Cleanup... this has nothing to do with attenuation, but everything to do with flavor. Sulfur and diacetyl are generated in all fermentations. Sulfur compounds (smell and taste farty, rotten egg, match-heads) can be absorbed by yeast and can also bind up with other things and settle out, and usually do within a few weeks of mid to end of fermentation. So there’s not much special you really need to do there in my experience. On the other hand, diacetyl can be eaten by yeast, but the yeast often needs some encouragement to get the job done – if they don’t eat it, then it stays in your beer for years.

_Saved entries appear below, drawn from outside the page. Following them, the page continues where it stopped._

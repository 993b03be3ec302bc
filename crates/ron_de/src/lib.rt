//! Reading by a schema.
//!
//! It promises the crate above that `read_value`, and `read_here` where the cursor stands, answer what the reader
//! function answers, within the limit; which strings are slices of the text; and what reading goes over. It is one
//! cycle of functions, and so has no must-fail edits: those stand in `ron_de_parts`.
#![tactic(auto)]

mod bare;
mod content;
mod elements;
mod enums;
pub mod first;
mod lists;
mod maps;
mod newtypes;
mod options;
mod structs;
mod tuples;
pub mod value;
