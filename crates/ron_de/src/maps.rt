//! Reading maps.
ghost use Rattle.std.specs.Prelude.{◌≡◌, ◌<◌, true, length, IfOk, OnOk, IfErr};
ghost use Rattle.ron_spec_words.specs.Characters.{right_brace};
ghost use Rattle.ron_spec_words.specs.Runs.{is_at};
ghost use Rattle.ron_spec_grammar.specs.Schema.{map};
ghost use Rattle.ron_de_steps.specs.Advance.{Advances};
ghost use Rattle.ron_de_parts.specs.Errors.{IsOfReading};
ghost use Rattle.ron_de.specs.Pairs.{ReadsPair, ReadsPairs};
ghost use Rattle.ron_de_parts.specs.Kept.{Kept};
ghost use Rattle.ron_de_parts.specs.Slices.{IsSliced, StringsAreSliced, PairIsSliced, PairsAreSliced};
ghost use Rattle.ron_de_parts.specs.Values.{ReadsShape};
ghost use Rattle.ron_de.specs.Turns.{SettlesShape, SpendsItems, LeadsPast};

use crate::value::read_value;
use ron_base::error::{Error, Result};
use ron_data::data::Data;
use ron_data::pairs::fold_pairs;
use ron_de_parts::context::Context;
use ron_de_steps::gap::pass_gap;
use ron_de_steps::steps::{pass_colon, read_comma};
use ron_lex::cursor::Cursor;

/// Reads a map whose keys are of one shape and whose values are of another.
#[cycle(read)]
#[inline(never)]
pub(crate) fn read_map<'o>(
    context: &Context<'_, 'o>,
    cursor: &mut Cursor<'_>,
    key: usize,
    value: usize,
) -> Result<Data<'o>>
    requires { (key < length context.now.schema) × (value < length context.now.schema) }
    ensures value { ReadsShape context.now (map key value) cursor.old result cursor.new.rest }
    ensures slice { IfOk result (IsSliced cursor.old.rest cursor.new.rest) }
    ensures advance { Advances (Kept context.now.source (StringsAreSliced cursor.old.rest) cursor.old.text) cursor.old result cursor.new }
    ensures turns { SettlesShape context.now.schema cursor.old result cursor.new }
{
    if !cursor.take('{') {
        return Err(Error::ExpectedMap);
    }
    pass_gap(cursor)?;
    let inner = context.deeper()?;
    let pairs = read_pairs(&inner, cursor, key, value)?;
    cursor.pass('}');
    let folded = fold_pairs(pairs)?;
    Ok(Data::Map(folded))
}

/// Reads pairs up to the closing brace. The context is that of the map's pairs, a level below the map.
#[cycle(read)]
fn read_pairs<'o>(
    context: &Context<'_, 'o>,
    cursor: &mut Cursor<'_>,
    key: usize,
    value: usize,
) -> Result<Vec<(Data<'o>, Data<'o>)>>
    requires in_range { (key < length context.now.schema) × (value < length context.now.schema) }
    ensures closed { OnOk result (is_at right_brace cursor.new.rest ≡ true) }
    ensures value { ReadsPairs context.now key value cursor.old result cursor.new.rest }
    ensures advance { Advances (Kept context.now.source (PairsAreSliced cursor.old.rest) cursor.old.text) cursor.old result cursor.new }
    ensures turns { SpendsItems context.now.schema cursor.old result cursor.new }
{
    let mut pairs = Vec::new(context.alloc());
    'pairs: while !cursor.is_at('}') {
        let pair = read_pair(context, cursor, key, value)?;
        pairs.push(pair)?;
        read_comma(cursor, '}')?;
    }
    pairs.shrink_to_fit();
    Ok(pairs)
}

/// Reads a key, the colon and the key's value, each a level below their map's pairs.
#[cycle(read)]
fn read_pair<'o>(
    context: &Context<'_, 'o>,
    cursor: &mut Cursor<'_>,
    key: usize,
    value: usize,
) -> Result<(Data<'o>, Data<'o>)>
    requires in_range { (key < length context.now.schema) × (value < length context.now.schema) }
    ensures text { cursor.new.text ≡ cursor.old.text }
    ensures shorter { OnOk result (length cursor.new.rest < length cursor.old.rest) }
    ensures value { ReadsPair context.now key value cursor.old result cursor.new.rest }
    ensures slices { IfOk result (Kept context.now.source (PairIsSliced cursor.old.rest) cursor.old.text) }
    ensures fault { IfErr result IsOfReading }
    ensures turns { SpendsItems context.now.schema cursor.old result cursor.new }
    ensures leads { LeadsPast cursor.old result cursor.new }
{
    let inner = context.deeper()?;
    let key = read_value(&inner, cursor, key)?;
    pass_colon(cursor)?;
    let value = read_value(&inner, cursor, value)?;
    Ok((key, value))
}
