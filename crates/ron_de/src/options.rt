//! Reading options.
ghost use Rattle.std.specs.Prelude.{◌≡◌, ◌<◌, false, length, IfOk, codes};
ghost use Rattle.ron_spec_words.specs.Directly.{stands};
ghost use Rattle.ron_spec_grammar.specs.Data.{some_of};
ghost use Rattle.ron_spec_grammar.specs.Schema.{optional};
ghost use Rattle.ron_data.specs.Datum.{data_view};
ghost use Rattle.ron_de_steps.specs.Advance.{Advances};
ghost use Rattle.ron_de_parts.specs.Kept.{Kept};
ghost use Rattle.ron_de_parts.specs.Slices.{IsSliced, StringsAreSliced};
ghost use Rattle.ron_de_parts.specs.Values.{ReadsShape, ReadsAs};
ghost use Rattle.ron_de.specs.Turns.{SpendsLooked};

use crate::content::{read_below, read_content};
use ron_base::error::{Error, Result};
use ron_data::data::Data;
use ron_de_parts::content::Holder;
use ron_de_parts::context::Context;
use ron_de_parts::options::take_none;
use ron_lex::cursor::Cursor;

/// Reads an option: the word `None`; the word `Some` with its content in parentheses; or, where a `Some` is implied,
/// the content alone.
#[cycle(read)]
#[inline(never)]
pub(crate) fn read_option<'o>(
    context: &Context<'_, 'o>,
    cursor: &mut Cursor<'_>,
    content: usize,
) -> Result<Data<'o>>
    requires { content < length context.now.schema }
    ensures value { ReadsShape context.now (optional content) cursor.old result cursor.new.rest }
    ensures slice { IfOk result (IsSliced cursor.old.rest cursor.new.rest) }
    ensures advance { Advances (Kept context.now.source (StringsAreSliced cursor.old.rest) cursor.old.text) cursor.old result cursor.new }
    ensures turns { SpendsLooked context.now.schema content cursor.old result cursor.new }
{
    if take_none(cursor) {
        return Ok(Data::Option(None));
    }
    let value = read_some(context, cursor, content)?;
    Ok(Data::Option(Some(Box::new(context.alloc(), value)?)))
}

/// Reads the content of an option that isn't `None`.
#[cycle(read)]
fn read_some<'o>(
    context: &Context<'_, 'o>,
    cursor: &mut Cursor<'_>,
    content: usize,
) -> Result<Data<'o>>
    requires in_range { content < length context.now.schema }
    requires not_none { stands (codes "None") cursor.old.rest ≡ false }
    ensures value { ReadsAs (λ d. some_of (data_view d)) context.now (optional content) cursor.old result cursor.new.rest }
    ensures advance { Advances (Kept context.now.source (StringsAreSliced cursor.old.rest) cursor.old.text) cursor.old result cursor.new }
    ensures turns { SpendsLooked context.now.schema content cursor.old result cursor.new }
{
    if cursor.take_some() {
        return read_content(
            context,
            cursor,
            content,
            context.unwraps_variants(),
            Holder::Some,
        );
    }
    if context.implies_some() {
        return read_below(context, cursor, content);
    }
    Err(Error::ExpectedOption)
}
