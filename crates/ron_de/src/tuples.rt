//! Reading tuples and tuple structs.
ghost use Rattle.std.specs.Prelude.{◌≡◌, ◌∷◌, true, nat_lt, length, chars, IfOk};
ghost use Rattle.std.specs.List.{list_all};
ghost use Rattle.ron_spec_words.specs.Characters.{left_parenthesis};
ghost use Rattle.ron_spec_grammar.specs.Schema.{tuple, tuple_struct};
ghost use Rattle.ron_de_steps.specs.Advance.{Advances};
ghost use Rattle.ron_de_parts.specs.Content.{ReadsTuple, ReadsTupleInside};
ghost use Rattle.ron_de_parts.specs.Kept.{Kept};
ghost use Rattle.ron_de_parts.specs.Slices.{IsSliced, StringsAreSliced, ItemsAreSliced};
ghost use Rattle.ron_de_parts.specs.Values.{ReadsShape};
ghost use Rattle.ron_de.specs.Turns.{SettlesShape, SpendsGroup, SpendsItems};

use crate::elements::{Elements, read_elements};
use ron_base::error::{Error, Result};
use ron_data::data::Data;
use ron_de_parts::context::Context;
use ron_de_parts::names::before_struct;
use ron_de_parts::tuples::{Owner, expect_length};
use ron_de_steps::gap::pass_gap;
use ron_lex::cursor::Cursor;

/// Reads a tuple: an item of each of the shapes.
#[cycle(read)]
#[inline(never)]
pub(crate) fn read_tuple<'o>(
    context: &Context<'_, 'o>,
    cursor: &mut Cursor<'_>,
    shapes: &[usize],
) -> Result<Data<'o>>
    requires { list_all (λ j. nat_lt j (length context.now.schema)) shapes.now ≡ true }
    ensures value { ReadsShape context.now (tuple shapes.now) cursor.old result cursor.new.rest }
    ensures slice { IfOk result (IsSliced cursor.old.rest cursor.new.rest) }
    ensures advance { Advances (Kept context.now.source (StringsAreSliced cursor.old.rest) cursor.old.text) cursor.old result cursor.new }
    ensures turns { SettlesShape context.now.schema cursor.old result cursor.new }
{
    if !cursor.take('(') {
        return Err(Error::ExpectedStructLike);
    }
    let items = read_tuple_items(context, cursor, shapes, Owner::Tuple)?;
    Ok(Data::Tuple(items))
}

/// Reads a tuple struct: perhaps its name, and directly behind it an item of each of the shapes in parentheses.
#[cycle(read)]
#[inline(never)]
pub(crate) fn read_tuple_struct<'o>(
    context: &Context<'_, 'o>,
    cursor: &mut Cursor<'_>,
    name: &str,
    shapes: &[usize],
) -> Result<Data<'o>>
    requires { list_all (λ j. nat_lt j (length context.now.schema)) shapes.now ≡ true }
    ensures value { ReadsShape context.now (tuple_struct (chars name.now) shapes.now) cursor.old result cursor.new.rest }
    ensures slice { IfOk result (IsSliced cursor.old.rest cursor.new.rest) }
    ensures advance { Advances (Kept context.now.source (StringsAreSliced cursor.old.rest) cursor.old.text) cursor.old result cursor.new }
    ensures turns { SettlesShape context.now.schema cursor.old result cursor.new }
{
    before_struct(context, cursor, name)?;
    if !cursor.take('(') {
        return Err(Error::ExpectedNamedStructLike(String::from_str(context.alloc(), name)?));
    }
    let items = read_tuple_items(context, cursor, shapes, Owner::Struct(name))?;
    Ok(Data::TupleStruct(String::from_str(context.alloc(), name)?, items))
}

/// Reads an item of each of the shapes behind the opening parenthesis, and the closing one.
#[cycle(read)]
pub(crate) fn read_tuple_items<'o>(
    context: &Context<'_, 'o>,
    cursor: &mut Cursor<'_>,
    shapes: &[usize],
    owner: Owner<'_>,
) -> Result<Vec<Data<'o>>>
    requires { list_all (λ j. nat_lt j (length context.now.schema)) shapes.now ≡ true }
    ensures value { ReadsTuple context.now shapes.now (left_parenthesis ∷ cursor.old.rest) result cursor.new.rest }
    ensures advance { Advances (Kept context.now.source (ItemsAreSliced cursor.old.rest) cursor.old.text) cursor.old result cursor.new }
    ensures turns { SpendsGroup context.now.schema cursor.old result cursor.new }
{
    pass_gap(cursor)?;
    read_tuple_inside(context, cursor, shapes, owner)
}

/// Reads an item of each of the shapes and the closing parenthesis, where the opening one and its gap are behind.
#[cycle(read)]
pub(crate) fn read_tuple_inside<'o>(
    context: &Context<'_, 'o>,
    cursor: &mut Cursor<'_>,
    shapes: &[usize],
    owner: Owner<'_>,
) -> Result<Vec<Data<'o>>>
    requires { list_all (λ j. nat_lt j (length context.now.schema)) shapes.now ≡ true }
    ensures value { ReadsTupleInside context.now shapes.now cursor.old result cursor.new.rest }
    ensures advance { Advances (Kept context.now.source (ItemsAreSliced cursor.old.rest) cursor.old.text) cursor.old result cursor.new }
    ensures turns { SpendsItems context.now.schema cursor.old result cursor.new }
{
    let inner = context.deeper()?;
    let items = read_elements(&inner, cursor, Elements::Each(shapes), ')')?;
    expect_length(context.alloc(), owner, shapes.len(), items.len())?;
    cursor.pass(')');
    Ok(items)
}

So that’s why we like to help out the yeast by raising the fermentation temperature by 5-10 F near the end of fermentation after the beer already tastes like good beer with the possible exception of diacetyl and other little things. The yeast that are beginning to fall asleep then wake up more and say to themselves, okay, what’s left to eat around here, and they see the diacetyl, which is NOT their favorite food, but by raising the temperature, you’ve put them in a hungry mood so they say to themselves, well okay, I guess I’ll eat this crappy diacetyl, as long as there’s still a little maltose to sprinkle on top to make it taste okay. That’s essentially what’s going on. How’s that for a story! I’m sticking to it.
The consumption of non-sugar materials such as diacetyl and sulfur is NOT attenuation. Attenuation is about consumption of sugars to turn them into alcohol and CO2. At higher temperatures, yes, the yeast is happier, and will eat all the sugars faster, so your maximum attenuation will be reached faster. So, does raising the temperature improve attenuation? Well, maybe, but not necessarily. If you bottle your beer, which contains some residual yeast, and you prime it and leave your beer at cellar temperatures for a couple of months, the remaining yeast cells in those bottles are going to ferment whatever they find in there, so your attenuation will be as complete as it’s going to get, even at reduced temperatures in the 50s or 60s. Given time and decent temperatures, the yeast will eventually find everything fermentable and eat all of it until it’s gone. However, if on the other hand you bottle or keg but you cold crash all the beer when there’s carbonation and you leave it down in 30s F all the time until you’ve drank it all, then due to the cold temperatures, below the limit for that strain as we previously discussed, the remaining yeast will most likely never reactivate, so your attenuation could actually suffer, especially if you used any priming sugar or bottled too early without ensuring final gravity had been reached.
Personally, I warm all my beers towards the end of fermentation to ensure final gravity and attenuation have been attained, and then after bottling I leave most of my beer at cellar temperatures until I’m ready to drink it so that the yeast can continue to act and evolve the beer for a few months after bottling. Some brewers do these things, some don’t, and all of us make pretty dang good beer, so, does it really matter?? Well that’s for you to decide.
ABV is related to attenuation because the higher the attenuation, the lower the final specific gravity, and thus the higher the ABV, since ABV can be calculated via the simple equation (OG – FG) x 131 = ABV.
I think the above paragraphs might answer a few of your questions, and somehow I bet they will raise even more questions. And that’s cool. That’s what forums are all about.